## Task objective
In how many lines of the records does the word "their" appear? Reply with the number and nothing else.

## Listed records
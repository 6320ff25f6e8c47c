//! The nodes of a view in the order in which they are played.
#![tactic(auto)]

mod faults;
mod free;
mod laws;
mod lone;
mod merging;
mod player;

pub use faults::PlayFault;
pub use laws::{play_order_is_lawful, region_order_is_lawful};
pub use merging::{count_up_to, with_line};
pub use player::{Played, Player, Snapshot, play};
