// Looks at the copies, which wait for nobody.
ghost use Rattle.std.specs.Prelude.{◌≡◌, [], IfSome, IsTrue, None, Some};
ghost use Rattle.left_right.specs.Sides.{view};
ghost use Rattle.turn_cell.specs.Cells.{seen, own, met, IsReady};
ghost use Rattle.turn_cell.specs.Rests.{rest_seen, IsRestOf};
ghost use Rattle.chain_store.specs.Columns.{tag_of};
ghost use Rattle.chain_store.specs.Looking.{ShowsOn};
ghost use Rattle.chain_store.specs.Passes.{IsHolder, SeesMore, ShowsHistory, tag_in};
ghost use Rattle.chain_store.specs.Copies.{column_in, column_of_rest, shape_of, IsGood};

use crate::looks::Looked;
use crate::read_view::copied::Copied;
use crate::read_view::rule::{Finding, ViewReader};
use crate::seated::Seated;
use crate::told::{Tag, Told};
use col_core::View;
use core::hint::spin_loop;
use log_node::Counts;
use std::alloc::Global;
use turn_cell::{Cell, Pass, Rest};

// How often a pass is tried of which another is making its own.
const TRIES: usize = 16;

// A pass that has seen as much as the one that rests; `None` where others make their own of it all the time.
fn pass_of(cell: &Cell<Seated>, rest: &Rest<Told, Tag>) -> Option<Pass<Seated>>
    requires { IsRestOf tag_of cell.now rest.now }
    ensures { IfSome result (λ p. IsReady tag_of cell.now p × (seen p ≡ rest_seen rest.now) × (own p ≡ None) × (met p ≡ [])) }
{
    for _ in 0..TRIES {
        if let Some(pass) = cell.copy(rest) {
            return Some(pass);
        }
        spin_loop();
    }
    None
}

// Whether the copy shows no less than the pass has seen, which has then seen just what it shows.
fn meets(cell: &Cell<Seated>, pass: &mut Pass<Seated>, by: u8, copy: &Copied) -> bool
    requires pass { IsHolder cell.now by pass.old }
    requires copy { IsGood (shape_of copy.now) × (column_of_rest copy.now.rest ≡ column_in cell.now) }
    ensures pass { IsHolder cell.now by pass.new × SeesMore by (seen pass.old) (seen pass.new) }
    ensures seen { IsTrue result → seen pass.new ≡ rest_seen copy.now.rest }
{
    let _ = by;
    if copy.rest.count() < pass.count() {
        return false;
    }
    match pass_of(cell, &copy.rest) {
        Some(told) => {
            cell.meet(pass, told);
            true
        }
        None => false,
    }
}

// What the copy shows from these counts on.
fn shown_from(
    alloc: Global,
    cell: &Cell<Seated>,
    pass: &mut Pass<Seated>,
    by: u8,
    copy: &Copied,
    from: Counts,
) -> Option<View>
    requires pass { IsHolder cell.now by pass.old }
    requires copy { IsGood (shape_of copy.now) × (column_of_rest copy.now.rest ≡ column_in cell.now) }
    ensures pass { IsHolder cell.now by pass.new × SeesMore by (seen pass.old) (seen pass.new) }
    ensures view { IfSome result (λ v. ShowsHistory (tag_in cell.now) (seen pass.new) from v) }
{
    if !meets(cell, pass, by, copy) {
        return None;
    }
    copy.shown.look(alloc, from).ok()
}

// What it shows to one who goes on from these counts.
fn shown_on_from(
    alloc: Global,
    cell: &Cell<Seated>,
    pass: &mut Pass<Seated>,
    by: u8,
    copy: &Copied,
    from: Counts,
) -> Option<Looked>
    requires pass { IsHolder cell.now by pass.old }
    requires copy { IsGood (shape_of copy.now) × (column_of_rest copy.now.rest ≡ column_in cell.now) }
    ensures pass { IsHolder cell.now by pass.new × SeesMore by (seen pass.old) (seen pass.new) }
    ensures looked { IfSome result (ShowsOn (tag_in cell.now) (seen pass.new) from) }
{
    if !meets(cell, pass, by, copy) {
        return None;
    }
    copy.shown.look_on(alloc, from).ok()
}

/// A look that does not wait: what the copy shows, which is then all that the pass has seen. `None` where the copy has fewer
/// events than the pass has seen, where others keep making their own of the pass in it, or where there is no memory.
pub(crate) fn look_beside(
    alloc: Global,
    cell: &Cell<Seated>,
    pass: &mut Pass<Seated>,
    by: u8,
    reader: ViewReader,
    from: Counts,
) -> (ViewReader, Option<View>)
    requires pass { IsHolder cell.now by pass.old }
    requires reader { view reader.place ≡ Some (column_in cell.now) }
    ensures pass { IsHolder cell.now by pass.new × SeesMore by (seen pass.old) (seen pass.new) }
    ensures view { IfSome result.1 (λ v. ShowsHistory (tag_in cell.now) (seen pass.new) from v) }
    ensures reader { view result.0.place ≡ Some (column_in cell.now) }
{
    match reader.enter_as::<Finding>() {
        Ok(reading) => {
            let view = shown_from(alloc, cell, pass, by, reading.get(), from);
            (reading.leave(), view)
        }
        Err(reader) => (reader, None),
    }
}

/// The same for one who goes on from these counts.
pub(crate) fn look_on_beside(
    alloc: Global,
    cell: &Cell<Seated>,
    pass: &mut Pass<Seated>,
    by: u8,
    reader: ViewReader,
    from: Counts,
) -> (ViewReader, Option<Looked>)
    requires pass { IsHolder cell.now by pass.old }
    requires reader { view reader.place ≡ Some (column_in cell.now) }
    ensures pass { IsHolder cell.now by pass.new × SeesMore by (seen pass.old) (seen pass.new) }
    ensures looked { IfSome result.1 (ShowsOn (tag_in cell.now) (seen pass.new) from) }
    ensures reader { view result.0.place ≡ Some (column_in cell.now) }
{
    match reader.enter_as::<Finding>() {
        Ok(reading) => {
            let looked = shown_on_from(alloc, cell, pass, by, reading.get(), from);
            (reading.leave(), looked)
        }
        Err(reader) => (reader, None),
    }
}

## Expected answer
2